Saved entries:
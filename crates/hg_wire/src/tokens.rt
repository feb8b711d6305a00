//! The tokens of a line, and the first of its faults.

ghost use Rattle.std.specs.Prelude.{◌≡◌, [], ◌∷◌, ℕ, List, ◌<◌, length, false, IfSome, position, ◌==◌};
ghost use Rattle.hg_wire.specs.Lines.{tokens_of, tokens_after, are_counted, operand_of, operands_of, result_map, of_verb, line_of};
ghost use Rattle.hg_wire.specs.Taken.{GivesThree, GivesTwo, GivesToken};
ghost use Rattle.hg_wire.specs.Verbs.{pair_widths, access_widths, block_widths, message_widths};

use crate::line::{LineFault, MOST_LINE_BYTES};
use crate::number::number_of_token;
use crate::verb::Verb;
use hg_model::event::{Access, Block, Event};

fn first_space(line: &[u8]) -> Option<usize>
    ensures { result ≡ position (λ b. b == 32) line.now }
{
    line.iter().position(|byte| *byte == b' ')
}

/// The first token of a line, and what follows the space after it, if there is one.
pub(crate) fn split_token(line: &[u8]) -> (&[u8], Option<&[u8]>)
    ensures tokens { tokens_of line.now ≡ result.0.now ∷ tokens_after result.1 }
    ensures shorter { IfSome result.1 (λ rest. length rest.now < length line.now) }
{
    match first_space(line) {
        None => (line, None),
        Some(at) => (&line[..at], Some(&line[at + 1..])),
    }
}

/// The first of some tokens, and the tokens after it. `None` where it is absent or empty.
fn take_token(tokens: Option<&[u8]>) -> Option<(&[u8], Option<&[u8]>)>
    ensures { GivesToken (tokens_after tokens.entry) result }
{
    let (token, rest) = split_token(tokens?);
    if token.is_empty() {
        return None;
    }
    Some((token, rest))
}

/// Exactly two tokens, none of them empty.
fn two_tokens(tokens: Option<&[u8]>) -> Option<(&[u8], &[u8])>
    ensures { GivesTwo (tokens_after tokens.entry) result }
{
    let (first, rest) = take_token(tokens)?;
    let (second, rest) = take_token(rest)?;
    if rest.is_some() {
        return None;
    }
    Some((first, second))
}

/// Exactly three tokens, none of them empty.
fn three_tokens(tokens: Option<&[u8]>) -> Option<(&[u8], &[u8], &[u8])>
    ensures { GivesThree (tokens_after tokens.entry) result }
{
    let (first, rest) = take_token(tokens)?;
    let (second, third) = two_tokens(rest)?;
    Some((first, second, third))
}

pub(crate) fn short_of_token(token: &[u8]) -> Option<u16>
    ensures { result ≡ operand_of 16 token.now }
{
    let value = number_of_token(token)?;
    if value > 0xffff {
        return None;
    }
    Some(value as u16)
}

pub(crate) fn byte_of_token(token: &[u8]) -> Option<u8>
    ensures { result ≡ operand_of 8 token.now }
{
    let value = number_of_token(token)?;
    if value > 0xff {
        return None;
    }
    Some(value as u8)
}

pub(crate) fn int_of_token(token: &[u8]) -> Option<u32>
    ensures { result ≡ operand_of 32 token.now }
{
    let value = number_of_token(token)?;
    if value > 0xffff_ffff {
        return None;
    }
    Some(value as u32)
}

/// A thread and a child or a lock.
fn pair_of_tokens(tokens: Option<&[u8]>) -> Result<(u16, u16), LineFault>
    ensures { result_map (λ p. p.0 ∷ p.1 ∷ []) result ≡ operands_of pair_widths (tokens_after tokens.entry) }
{
    let (first, second) = two_tokens(tokens).ok_or(LineFault::Count)?;
    let first = short_of_token(first).ok_or(LineFault::Number)?;
    let second = short_of_token(second).ok_or(LineFault::Number)?;
    Ok((first, second))
}

/// A thread, an address and a length of an access.
fn access_of_tokens(tokens: Option<&[u8]>) -> Result<Access, LineFault>
    ensures { result_map (λ a. a.t ∷ a.at ∷ a.len ∷ []) result ≡ operands_of access_widths (tokens_after tokens.entry) }
{
    let (t, at, len) = three_tokens(tokens).ok_or(LineFault::Count)?;
    let t = short_of_token(t).ok_or(LineFault::Number)?;
    let at = number_of_token(at).ok_or(LineFault::Number)?;
    let len = byte_of_token(len).ok_or(LineFault::Number)?;
    Ok(Access { t, at, len })
}

/// A thread, an address and a length of a heap block.
fn block_of_tokens(tokens: Option<&[u8]>) -> Result<Block, LineFault>
    ensures { result_map (λ b. b.t ∷ b.at ∷ b.len ∷ []) result ≡ operands_of block_widths (tokens_after tokens.entry) }
{
    let (t, at, len) = three_tokens(tokens).ok_or(LineFault::Count)?;
    let t = short_of_token(t).ok_or(LineFault::Number)?;
    let at = number_of_token(at).ok_or(LineFault::Number)?;
    let len = int_of_token(len).ok_or(LineFault::Number)?;
    Ok(Block { t, at, len })
}

/// A thread and a message.
fn message_of_tokens(tokens: Option<&[u8]>) -> Result<(u16, u32), LineFault>
    ensures { result_map (λ p. p.0 ∷ p.1 ∷ []) result ≡ operands_of message_widths (tokens_after tokens.entry) }
{
    let (t, k) = two_tokens(tokens).ok_or(LineFault::Count)?;
    let t = short_of_token(t).ok_or(LineFault::Number)?;
    let k = int_of_token(k).ok_or(LineFault::Number)?;
    Ok((t, k))
}

/// The event of a verb and some tokens.
fn event_of_tokens(verb: Verb, tokens: Option<&[u8]>) -> Result<Event, LineFault>
    ensures { result ≡ of_verb (Some verb) (tokens_after tokens.entry) }
{
    match verb {
        Verb::Fork => pair_of_tokens(tokens).map(|(p, c)| Event::Fork { p, c }),
        Verb::Join => pair_of_tokens(tokens).map(|(p, c)| Event::Join { p, c }),
        Verb::Lock => pair_of_tokens(tokens).map(|(t, l)| Event::Lock { t, l }),
        Verb::RdLock => pair_of_tokens(tokens).map(|(t, l)| Event::RdLock { t, l }),
        Verb::Unlock => pair_of_tokens(tokens).map(|(t, l)| Event::Unlock { t, l }),
        Verb::Read => access_of_tokens(tokens).map(Event::Read),
        Verb::Write => access_of_tokens(tokens).map(Event::Write),
        Verb::Alloc => block_of_tokens(tokens).map(Event::Alloc),
        Verb::Free => block_of_tokens(tokens).map(Event::Free),
        Verb::Send => message_of_tokens(tokens).map(|(t, k)| Event::Send { t, k }),
        Verb::Recv => message_of_tokens(tokens).map(|(t, k)| Event::Recv { t, k }),
    }
}

/// What a line says, token by token: the event that it spells, or the first of its faults.
#[cold]
#[inline(never)]
#[tactic(auto, unfolding(crate::specs::Lines::line_of))]
pub fn line_by_tokens(line: &[u8]) -> Result<Event, LineFault>
    ensures { result ≡ line_of line.now }
{
    if line.len() > MOST_LINE_BYTES {
        return Err(LineFault::TooLong);
    }
    let (token, tokens) = split_token(line);
    match Verb::named(token) {
        None => Err(LineFault::Verb),
        Some(verb) => event_of_tokens(verb, tokens),
    }
}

Directions for this task:
In the records above, collect each line with "GivesToken".

Written solution:
ghost use Rattle.hg_wire.specs.Taken.{GivesThree, GivesTwo, GivesToken};
    ensures { GivesToken (tokens_after tokens.entry) result }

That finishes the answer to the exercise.